Modeling Sparse and Bursty Vulnerability Sightings: Forecasting Under Data Constraints

Understanding and anticipating vulnerability-related activity is a major challenge in cyber threat intelligence. This work investigates whether vulnerability sightings, such as proof-of-concept releases, detection templates, or online discussions, can be forecast over time. Building on our earlier work on VLAI, a transformer-based model that predicts vulnerability severity from textual descriptions, we examine whether severity scores can improve time-series forecasting as exogenous variables. We evaluate several approaches for short-term forecasting of sightings per vulnerability. First, we test SARIMAX models with and without log(x+1) transformations and VLAI-derived severity inputs. Although these adjustments provide limited improvements, SARIMAX remains poorly suited to sparse, short, and bursty vulnerability data. In practice, forecasts often produce overly wide confidence intervals and sometimes unrealistic negative values. To better capture the discrete and event-driven nature of sightings, we then explore count-based methods such as Poisson regression. Early results show that these models produce more stable and interpretable forecasts, especially when sightings are aggregated weekly. We also discuss simpler operational alternatives, including exponential decay functions for short forecasting horizons, to estimate future activity without requiring long historical series. Overall, this study highlights both the potential and the limitations of forecasting rare and bursty cyber events, and provides practical guidance for integrating predictive analytics into vulnerability intelligence workflows.

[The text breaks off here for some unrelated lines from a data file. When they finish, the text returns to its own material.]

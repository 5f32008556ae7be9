//! Live ports: the words that sinks receive, written as they come, by a reader, an engine and a writer beside each
//! other.
#![tactic(auto)]

mod channel;
mod channels;
mod ending;
mod engine;
mod fed;
mod judging;
mod laws;
mod live;
mod sending;
mod tail;
mod together;
mod writer;

pub use engine::{Engine, Runner, run};
pub use fed::Fed;
pub use judging::intake_of;
pub use laws::{law_due, law_gots, law_taken};
pub use live::{Halt, feed_live};
pub use tail::Tail;
pub use writer::{Finish, write_words};
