//! What the text of a clock is written of.
ghost use Rattle.std.specs.Prelude.{◌≡◌};
ghost use Rattle.raw_clock.specs.Clock.{machine_at, clock, clock_turns, program_steps};
ghost use Rattle.raw_clock.specs.Tally.{IsTally};
ghost use Rattle.raw_clock.specs.Values.{HaveSent};

use raw_clock::Cycles;
use raw_serial::Machine;

/// A machine that came to rest by the clock of its set, with what was counted of all cycles.
#[derive(Clone, Copy)]
pub(crate) struct CountedRun<'m, 's> {
    /// The machine at rest.
    pub(crate) machine: &'m Machine<'s>,
    /// What was counted.
    pub(crate) counts: &'m Cycles,
    ghost steps: { counts.now.steps ≡ program_steps machine.now.set counts.now.cycles },
    ghost tally: { IsTally machine.now.set counts.now.cycles counts.now.tally },
    ghost passed: { HaveSent machine.now.set (clock_turns machine.now.set counts.now.cycles) counts.now.passed.items },
    ghost state: { machine.now.state ≡ machine_at (clock machine.now.set counts.now.cycles) },
}
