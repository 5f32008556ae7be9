//! The reader, the engine and the writer, beside each other.
ghost use Rattle.std.specs.Prelude.{◌≡◌, ◌+◌, ◌^◌, ◌<◌, ◌≤◌, [], length};
ghost use Rattle.raw_text.specs.declared.limits.TheConstants.{MAX_TEXT};
ghost use Rattle.raw_live_text.specs.Feeding.{ReadsAll};
ghost use Rattle.raw_live.specs.Meeting.{AreFresh, BelongAs};
ghost use Rattle.raw_live.specs.Written.{Wrote};
ghost use Rattle.raw_live.specs.Running.{Starts, Runs};

use crate::engine::{Engine, Runner, run};
use crate::fed::Fed;
use crate::tail::Tail;
use crate::writer::{Finish, write_words};
use raw_io::{Failed, Sink, Source};
use raw_live_text::{Stop, read_puts};
use raw_queue::{Receiver, Sender};
use raw_workers::Gate;
use std::alloc::{AllocError, Global};
use std::rt::Clock;
use std::sync::Wait;
use std::thread::{Threads, join_mut};

/// What the three answered.
#[derive(Clone, Copy, PartialEq, Eq)]
pub(crate) struct Answers {
    pub(crate) read: Result<(), Stop>,
    pub(crate) ran: Result<Finish, AllocError>,
    pub(crate) wrote: Result<Finish, Failed>,
}

/// Where the three meet: the ends of the queue of words that go in and of the queue of words that come out.
#[derive(Drop)]
pub(crate) struct Ends<'q> {
    /// Here the reader puts the words of lines.
    pub(crate) read: Sender<'q>,
    /// Here the engine takes them.
    pub(crate) fed: Fed<'q>,
    /// Here it puts what sinks have taken out.
    pub(crate) got: Sender<'q>,
    /// Here the writer takes that.
    pub(crate) written: Receiver<'q>,
}

// Runs the engine and the writer beside each other.
fn engine_and_writer<R: Threads + Clock + Wait + Sync, K: Sink + Send, G: Gate>(
    rt: &R,
    alloc: Global,
    fed: &mut Fed<'_>,
    got: &mut Sender<'_>,
    written: &mut Receiver<'_>,
    engine: &mut Engine,
    runner: &Runner<'_, G>,
    out: &mut K,
) -> (Result<Finish, Failed>, Result<Finish, AllocError>)
    requires fresh { (fed.old.items ≡ []) × (got.old.items ≡ []) × (written.old.items ≡ []) }
    requires starts { Starts engine.old }
    ensures queues { (fed.new.queue ≡ fed.old.queue) × (got.new.queue ≡ got.old.queue) × (written.new.queue ≡ written.old.queue) }
    ensures ran { Runs engine.old.set engine.new fed.new.items got.new.items result.1 }
    ensures wrote { Wrote (K.sight out.old) (K.sight out.new) written.new.items result.0 }
{
    join_mut(
        rt,
        &mut || -> Result<Finish, Failed>
            requires { written.now.items ≡ [] }
            ensures queue { written.exit.now.queue ≡ written.entry.now.queue }
            ensures wrote { Wrote (K.sight out.entry.now) (K.sight out.exit.now)
                written.exit.now.items result }
        { write_words(rt, written, out) },
        &mut || -> Result<Finish, AllocError>
            requires fresh { (fed.now.items ≡ []) × (got.now.items ≡ []) }
            requires starts { Starts engine.now }
            ensures queues { (fed.exit.now.queue ≡ fed.entry.now.queue) × (got.exit.now.queue ≡ got.entry.now.queue) }
            ensures ran { Runs engine.entry.now.set engine.exit.now fed.exit.now.items got.exit.now.items result }
        { run(rt, alloc, fed, got, engine, runner) },
    )
}

/// Runs the reader, the engine and the writer beside each other: the reader puts words on the first queue, the engine
/// takes them and puts those that come out on the second, and the writer takes these.
///
/// Where no thread can be made, the last of the calls that are joined runs first. So the reader stands last, and none of
/// them waits for a later one.
pub(crate) fn run_beside<
    R: Threads + Clock + Wait + Sync,
    S: Source + Send,
    K: Sink + Send,
    G: Gate,
>(
    rt: &R,
    alloc: Global,
    tail: Tail<'_>,
    ends: &mut Ends<'_>,
    engine: &mut Engine,
    runner: &Runner<'_, G>,
    source: &mut S,
    out: &mut K,
) -> Answers
    requires fresh { AreFresh ends.old }
    requires starts { Starts engine.old }
    ensures queues { BelongAs ends.old ends.new }
    ensures read { ReadsAll (S.sight source.old) (S.sight source.new)
        tail.entry.intake.now tail.entry.rest.now tail.entry.most ends.new.read.items result.read }
    ensures ran { Runs engine.old.set engine.new ends.new.fed.items ends.new.got.items result.ran }
    ensures wrote { Wrote (K.sight out.old) (K.sight out.new) ends.new.written.items result.wrote }
{
    let Tail { intake, rest, most } = tail;
    let Ends {
        read: to,
        fed,
        got,
        written,
    } = ends;
    let ((wrote, ran), read) = join_mut(
        rt,
        &mut || -> (Result<Finish, Failed>, Result<Finish, AllocError>)
            requires fresh { (fed.now.items ≡ []) × (got.now.items ≡ []) × (written.now.items ≡ []) }
            requires starts { Starts engine.now }
            ensures queues { (fed.exit.now.queue ≡ fed.entry.now.queue) × (got.exit.now.queue ≡ got.entry.now.queue) × (written.exit.now.queue ≡ written.entry.now.queue) }
            ensures ran { Runs engine.entry.now.set engine.exit.now fed.exit.now.items got.exit.now.items result.1 }
            ensures wrote { Wrote (K.sight out.entry.now) (K.sight out.exit.now)
                written.exit.now.items result.0 }
        { engine_and_writer(rt, alloc, fed, got, written, engine, runner, out) },
        &mut || -> Result<(), Stop>
            requires most { length rest.now + most ≤ MAX_TEXT }
            requires line { intake.now.line + length rest.now + most + 1 < 2 ^ 32 }
            requires fresh { to.now.items ≡ [] }
            ensures queue { to.exit.now.queue ≡ to.entry.now.queue }
            ensures read { ReadsAll (S.sight source.entry.now) (S.sight source.exit.now)
                intake.entry.now rest.entry.now most to.exit.now.items result }
        { read_puts(rt, alloc, intake, rest, most, to, source) },
    );
    Answers { read, ran, wrote }
}
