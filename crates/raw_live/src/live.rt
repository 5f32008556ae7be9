//! Live input behind its head: two queues, the three threads between them, and the last line.
//!
//! The claims over the three are made when the queues are closed, since before that no contract compares what was put
//! with what was taken.
ghost use Rattle.std.specs.Prelude.{◌≡◌};
ghost use Rattle.raw_serial.specs.Taken.{made_of};
ghost use Rattle.raw_model.specs.Outcomes.{outcome, ending_of};
ghost use Rattle.raw_live.specs.Engine.{AreAtRest};
ghost use Rattle.raw_live.specs.Running.{Starts};
ghost use Rattle.raw_live.specs.Judging.{IsIntakeOf};
ghost use Rattle.raw_live.specs.Joining.{halt_of, Joined, RestsWhereEnded, Finished};
ghost use Rattle.raw_live.specs.Lives.{Lives};
ghost use Rattle.raw_live.specs.Meeting.{IsFresh};

use crate::channel::Channel;
use crate::channels::Channels;
use crate::ending::rest_line;
use crate::engine::{Engine, Runner};
use crate::fed::Fed;
use crate::tail::Tail;
use crate::together::{Answers, Ends, run_beside};
use crate::writer::Finish;
use raw_io::{Failed, Sink, Source};
use raw_live_text::Stop;
use raw_model::Ending;
use raw_outcome::outcome;
use raw_queue::{Receiver, Sender};
use raw_serial::Machine;
use raw_state_text::put_line;
use raw_workers::Gate;
use std::alloc::Global;
use std::rt::Clock;
use std::sync::Wait;
use std::thread::Threads;

/// Why live input was not fed to its end, or not all of its output was written.
#[derive(Clone, Copy, PartialEq, Eq)]
pub enum Halt {
    /// The reading stopped for this cause, which is not want of memory.
    Stopped(Stop),
    /// A call of the sink failed.
    Write,
    /// Want of memory.
    Memory,
}

// Why not all was done, by what the three answered: want of memory first, then what the reader met, then the sink.
fn halt_of(answers: Answers) -> Option<Halt>
    ensures { result ≡ halt_of answers.read answers.ran answers.wrote }
{
    if answers.ran != Ok(Finish::Ended) || answers.wrote == Ok(Finish::HungUp) {
        return Some(Halt::Memory);
    }
    match answers.read {
        Err(Stop::Memory) => Some(Halt::Memory),
        Err(stop) => Some(Halt::Stopped(stop)),
        Ok(()) => match answers.wrote {
            Err(Failed) => Some(Halt::Write),
            Ok(_) => None,
        },
    }
}

// How the grid of a machine at rest ended.
fn ending_at_rest(engine: Engine) -> Ending
    requires { AreAtRest engine.set engine.parts }
    ensures { result ≡ ending_of (outcome engine.set (made_of engine.set engine.parts).state) }
{
    let Engine {
        set,
        parts,
        sent: _,
    } = engine;
    let machine = Machine::from_parts(&set, parts);
    outcome(&machine).ending()
}

// Runs the three, and then closes the queues.
fn run_and_close<R: Threads + Clock + Wait + Sync, S: Source + Send, K: Sink + Send, G: Gate>(
    rt: &R,
    alloc: Global,
    tail: Tail<'_>,
    channels: Channels,
    engine: &mut Engine,
    runner: &Runner<'_, G>,
    source: &mut S,
    out: &mut K,
) -> Answers
    requires words_in { IsFresh channels.words_in }
    requires words_out { IsFresh channels.words_out }
    requires starts { Starts engine.old }
    requires intake { IsIntakeOf engine.old.set tail.intake.now }
    ensures { Joined (S.sight source.old) (S.sight source.new) (K.sight out.old) (K.sight out.new)
        tail.entry.intake.now tail.entry.rest.now tail.entry.most engine.old.set engine.new result.read result.ran result.wrote }
{
    let Channels {
        words_in,
        words_out,
    } = channels;
    let Channel {
        queue: queue_in,
        put: put_in,
        take: take_in,
    } = words_in;
    let Channel {
        queue: queue_out,
        put: put_out,
        take: take_out,
    } = words_out;
    let mut ends = Ends {
        read: Sender::new(&queue_in, put_in),
        fed: Fed::new(&queue_in, take_in),
        got: Sender::new(&queue_out, put_out),
        written: Receiver::new(&queue_out, take_out),
    };
    let answers = run_beside(rt, alloc, tail, &mut ends, engine, runner, source, out);
    let Ends {
        read,
        fed,
        got,
        written,
    } = ends;
    let put_in = read.into_end();
    let take_in = fed.into_end();
    let put_out = got.into_end();
    let take_out = written.into_end();
    queue_in.close(rt, put_in, take_in);
    queue_out.close(rt, put_out, take_out);
    answers
}

// Writes the last line, where all went well.
fn finish<K: Sink>(engine: Engine, answers: Answers, out: &mut K) -> Result<Ending, Halt>
    requires { RestsWhereEnded engine answers.ran }
    ensures { Finished (K.sight out.old) (K.sight out.new)
        engine (halt_of answers.read answers.ran answers.wrote) result }
{
    if let Some(halt) = halt_of(answers) {
        return Err(halt);
    }
    let ending = ending_at_rest(engine);
    match put_line(&rest_line(ending), out) {
        Ok(()) => Ok(ending),
        Err(_) => Err(Halt::Write),
    }
}

/// Reads the lines behind `live` from a source that may still be open, and feeds each word to the machine when it
/// comes. It runs the machine to rest and writes what its sinks then have more, each word as a line, and at last
/// how the machine came to rest.
///
/// The reader goes on to the end of its input also where the sink failed. Want of memory is answered before a fault of the
/// input, and that before a failure of the sink.
pub fn feed_live<R: Threads + Clock + Wait + Sync, S: Source + Send, K: Sink + Send, G: Gate>(
    rt: &R,
    alloc: Global,
    tail: Tail<'_>,
    engine: Engine,
    runner: &Runner<'_, G>,
    source: &mut S,
    out: &mut K,
) -> Result<Ending, Halt>
    requires starts { Starts engine }
    requires intake { IsIntakeOf engine.set tail.intake.now }
    ensures { Lives (S.sight source.old) (S.sight source.new) (K.sight out.old) (K.sight out.new)
        tail.entry.intake.now tail.entry.rest.now tail.entry.most engine.set result }
{
    let Ok(channels) = Channels::open(rt, alloc) else {
        return Err(Halt::Memory);
    };
    let mut engine = engine;
    let answers = run_and_close(rt, alloc, tail, channels, &mut engine, runner, source, out);
    finish(engine, answers, out)
}
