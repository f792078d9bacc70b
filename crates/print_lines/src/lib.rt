#![tactic(auto)]
// The text of a line: the word of its kind, what stands for its operand, and its end.
pub mod weigh;

ghost use Rattle.std.specs.Prelude.{◌+◌, ◌<◌, ◌≤◌, length};
ghost use Rattle.names.specs.Name.{lines};
ghost use Rattle.book.specs.Entry.{entries};
ghost use Rattle.book.specs.Decode.{type_to};
ghost use Rattle.print_pen.specs.Pen.{Put};
ghost use Rattle.print_pen.specs.Write.{Wrote};
ghost use Rattle.print_words.specs.Words.{Tables};
ghost use Rattle.print_types.specs.Starts.{Starts};
ghost use Rattle.print_types.specs.Types.{type_bytes, Typed};
ghost use Rattle.print_forms.specs.Forms.{form_of};
ghost use Rattle.print_forms.specs.All.{Ready, AllReady};
ghost use Rattle.print_lines.specs.Lines.{operand_text, parts_text, comment, printed};
ghost use Rattle.print_lines.specs.All.{printed_all};

use assembly::line;
use print_forms::{Form, form_of};
use print_pen::{Pen, put_bytes, put_clean, put_number};
use print_types::starts::name_of;
use print_types::types::put_type;
use print_words::plain::write_plain;
use print_words::{put_block, put_call, put_end, put_params, put_syscall, put_word};

// Puts what stands for the operand x.
fn put_operand(
    text: &mut [u8],
    pen: Pen,
    names: &[u8],
    starts: &[u64],
    every: bool,
    function: &[u8],
    form: Form,
    x: u64,
) -> Pen
    requires starts { Starts every names.now starts.now }
    requires ready { Ready form (lines names.now) x }
    ensures { Put (operand_text (lines names.now) function.now form x) pen text.old text.new result }
{
    match form {
        Form::Name => put_clean(text, pen, name_of(names, starts, every, x)),
        Form::Block => put_block(text, pen, function, name_of(names, starts, every, x)),
        Form::Call => put_call(text, pen, name_of(names, starts, every, x / 256), x % 256),
        Form::Syscall => put_syscall(text, pen, name_of(names, starts, every, x)),
        Form::Count | Form::Any | Form::Slot | Form::Args => put_number(text, pen, x),
        Form::Comment | Form::Bare | Form::Unknown => put_bytes(text, pen, b""),
    }
}

// Puts a line that has an operand.
fn put_parts(
    text: &mut [u8],
    pen: Pen,
    letters: &[u8],
    places: &[u16],
    names: &[u8],
    starts: &[u64],
    every: bool,
    function: &[u8],
    kind: u16,
    x: u64,
) -> Pen
    requires tables { Tables letters.now places.now }
    requires starts { Starts every names.now starts.now }
    requires ready { Ready (form_of kind) (lines names.now) x }
    requires kind_bound { kind < 94 }
    ensures { Put (parts_text (lines names.now) function.now kind x) pen text.old text.new result }
{
    let word = put_word(text, pen, letters, places, kind);
    let operand = put_operand(text, word, names, starts, every, function, form_of(kind), x);
    put_end(text, operand, kind)
}

// Puts a function's opening comment; its return type stands at the front of the entries.
fn put_comment(
    text: &mut [u8],
    pen: Pen,
    names: &[u8],
    starts: &[u64],
    every: bool,
    function: &[u8],
    kinds: &[u64],
    words: &[u64],
    params: u64,
) -> Pen
    requires starts { Starts every names.now starts.now }
    requires typed { Typed (length (lines names.now)) 64 kinds.now words.now }
    ensures { Put (comment function.now (type_bytes (lines names.now) (type_to (length (lines names.now)) 64 (entries kinds.now words.now))) params) pen text.old text.new result }
{
    let sign = put_bytes(text, pen, b"# ");
    let ty = put_type(text, sign, names, starts, every, kinds, words, 64);
    let at = put_bytes(text, ty, b" @");
    let name = put_bytes(text, at, function);
    put_params(text, name, params)
}

// Puts a line that names something.
fn put_line(
    text: &mut [u8],
    pen: Pen,
    letters: &[u8],
    places: &[u16],
    names: &[u8],
    starts: &[u64],
    every: bool,
    function: &[u8],
    kinds: &[u64],
    words: &[u64],
    params: u64,
    kind: u16,
    x: u64,
) -> Pen
    requires tables { Tables letters.now places.now }
    requires starts { Starts every names.now starts.now }
    requires typed { Typed (length (lines names.now)) 64 kinds.now words.now }
    requires ready { Ready (form_of kind) (lines names.now) x }
    requires kind_bound { kind < 7 }
    ensures { Put (printed (lines names.now) function.now (type_bytes (lines names.now) (type_to (length (lines names.now)) 64 (entries kinds.now words.now))) params kind x) pen text.old text.new result }
{
    if kind == line::COMMENT {
        return put_comment(
            text, pen, names, starts, every, function, kinds, words, params,
        );
    }
    put_parts(
        text, pen, letters, places, names, starts, every, function, kind, x,
    )
}

// Writes a line, where it is known that it fits.
fn write_line(
    text: &mut [u8],
    at: usize,
    end: usize,
    letters: &[u8],
    places: &[u16],
    names: &[u8],
    starts: &[u64],
    every: bool,
    function: &[u8],
    kinds: &[u64],
    words: &[u64],
    params: u64,
    kind: u16,
    x: u64,
) -> usize
    requires tables { Tables letters.now places.now }
    requires starts { Starts every names.now starts.now }
    requires typed { Typed (length (lines names.now)) 64 kinds.now words.now }
    requires ready { Ready (form_of kind) (lines names.now) x }
    requires kind_bound { kind < 94 }
    requires x_bound { at + length (printed (lines names.now) function.now (type_bytes (lines names.now) (type_to (length (lines names.now)) 64 (entries kinds.now words.now))) params kind x) ≤ end }
    requires end_in_bounds { end ≤ length text.old }
    ensures { Wrote (printed (lines names.now) function.now (type_bytes (lines names.now) (type_to (length (lines names.now)) 64 (entries kinds.now words.now))) params kind x) at end text.old text.new result }
{
    if line::PUSH_0N <= kind {
        return write_plain(text, at, end, letters, places, kind, x);
    }
    let Pen::Writing(next) = put_line(
        text,
        Pen::Writing(at),
        letters,
        places,
        names,
        starts,
        every,
        function,
        kinds,
        words,
        params,
        kind,
        x,
    ) else {
        return at;
    };
    next
}

// Writes as many lines as both slices hold from the index `start` on, where it is known that they fit: gives the index behind them.
pub fn write_lines(
    text: &mut [u8],
    start: usize,
    end: usize,
    letters: &[u8],
    places: &[u16],
    names: &[u8],
    starts: &[u64],
    every: bool,
    function: &[u8],
    kinds: &[u64],
    words: &[u64],
    params: u64,
    line_kinds: &[u16],
    operands: &[u64],
) -> usize
    requires tables { Tables letters.now places.now }
    requires starts { Starts every names.now starts.now }
    requires typed { Typed (length (lines names.now)) 64 kinds.now words.now }
    requires all_ready { AllReady (lines names.now) line_kinds.now operands.now }
    requires operands_bound { start + length (printed_all (printed (lines names.now) function.now (type_bytes (lines names.now) (type_to (length (lines names.now)) 64 (entries kinds.now words.now))) params) line_kinds.now operands.now) ≤ end }
    requires end_in_bounds { end ≤ length text.old }
    ensures { Wrote (printed_all (printed (lines names.now) function.now (type_bytes (lines names.now) (type_to (length (lines names.now)) 64 (entries kinds.now words.now))) params) line_kinds.now operands.now) start end text.old text.new result }
{
    let mut at = start;
    for i in 0..line_kinds.len().min(operands.len()) {
        at = write_line(
            text,
            at,
            end,
            letters,
            places,
            names,
            starts,
            every,
            function,
            kinds,
            words,
            params,
            line_kinds[i],
            operands[i],
        );
    }
    at
}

翻译：理解并预测与漏洞相关的活动是网络威胁情报中的重大挑战。本研究探讨了漏洞观测（如概念验证发布、检测模板或在线讨论）是否能够随时间进行预测。基于我们先前在VLAI（一种基于Transformer的模型，可根据文本描述预测漏洞严重性）上的工作，我们检验了严重性评分能否作为外生变量改进时间序列预测。我们评估了几种针对每个漏洞观测进行短期预测的方法。首先，我们测试了是否采用log(x+1)变换及VLAI导出严重性输入的SARIMAX模型。尽管这些调整带来了有限的改进，但SARIMAX仍然不适于稀疏、短周期且突发性强的漏洞数据。在实践中，预测常产生过宽的置信区间，有时甚至出现不切实际的负值。为更好捕捉观测的离散性和事件驱动特征，我们进而探索了计数方法，如泊松回归。初步结果显示，这些模型能生成更稳定且可解释的预测，尤其是在按周聚合观测数据时。我们还讨论了更简单的操作替代方案，包括针对短预测期使用指数衰减函数，以在不依赖长历史序列的情况下估算未来活动。总体而言，本研究凸显了预测稀有突发性网络事件的潜力与局限，并为将预测分析整合至漏洞情报工作流提供了实践指导。